Article abstract of DOI:10.1016/S0031-6865(99)00009-6

L-asparaginase from Escherichia coli is an important enzyme widely used in leukemia treatment under the trade name Elspar. Up to now, however, the aspects of its stability and storage has not been studied in detail. The aim of this work is to analyze the factors that could interfere in the enzyme's stability. The enzymatic activity was found to be stable in wide pH range (4.5-11.5), showing a slight increase in activity and stability in alkaline pHs, which indicates a more stable conformation of the molecule. The enzyme proved to have a high activity restoration capacity when submitted to temperatures of 65°C, in pH 8.6 buffer and, surprisingly, in physiologic solution. This suggests a positive effect of sodium ions on such restoration capacity.
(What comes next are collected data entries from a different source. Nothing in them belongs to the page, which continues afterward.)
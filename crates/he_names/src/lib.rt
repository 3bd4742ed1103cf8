//! Names by the files of the system, without sockets: addresses of the hosts file (hosts(5)), and the resolver
//! configuration (resolver(5)); which names are queried for a host; and the answers as lines of a timeline.
//!
//! Proved, for all bytes:
//!
//! - [`read_hosts`]: the addresses that a hosts file has for a name (`specs/Hosts`).
//! - [`read_servers`], [`read_search`], [`read_ndots`], [`read_timeout`], [`read_attempts`], [`read_use_vc`],
//!   [`read_no_aaaa`]: the servers, the search list and the options of a configuration file, with their defaults and
//!   bounds (`specs/Conf`).
//! - [`amend`]: the lines that the environment adds to it (`specs/Environment`).
//! - [`names_to_ask`]: which names are queried for a host, and in which order (`specs/Order`).
//! - [`clean_of`]: a family's addresses, each once, at most 256; [`Found`]: both families' answers, with at least one
//!   address, and the two lines of a timeline that state them (`specs/Answers`).
//!
//! Only tested: that a call succeeds if memory is available.
#![tactic(auto)]

pub mod answers;
pub mod conf;
pub mod environment;
mod fields;
pub mod found;
pub mod hosts;
pub mod limits;
pub mod literals;
mod numeric;
pub mod order;
pub mod ports;
pub mod special;
pub mod target;

pub use answers::clean_of;
pub use conf::{
    read_attempts, read_ndots, read_no_aaaa, read_search, read_servers, read_timeout, read_use_vc,
};
pub use environment::{Environment, amend};
pub use found::Found;
pub use hosts::read_hosts;
pub use literals::{ZonedIp, read_literal};
pub use order::names_to_ask;
pub use ports::{PortFault, read_port};
pub use special::{SpecialUse, serves_local};
pub use target::{HostFault, Target, read_host};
Stability was high in different diluents used as parenteral solutions and in recipients used in medical practice without significant loss of activity for at least 7 days. These results lead us to conclude that the enzyme has a high stability after the lyophilized form has been reconstituted (at least 7 days), since the necessary precautions are taken in terms of sterile manipulation and if it is stored in a suitable parenteral vehicle under low temperature (about 8°C). Copyright (C) 1999 Elsevier Science B.V.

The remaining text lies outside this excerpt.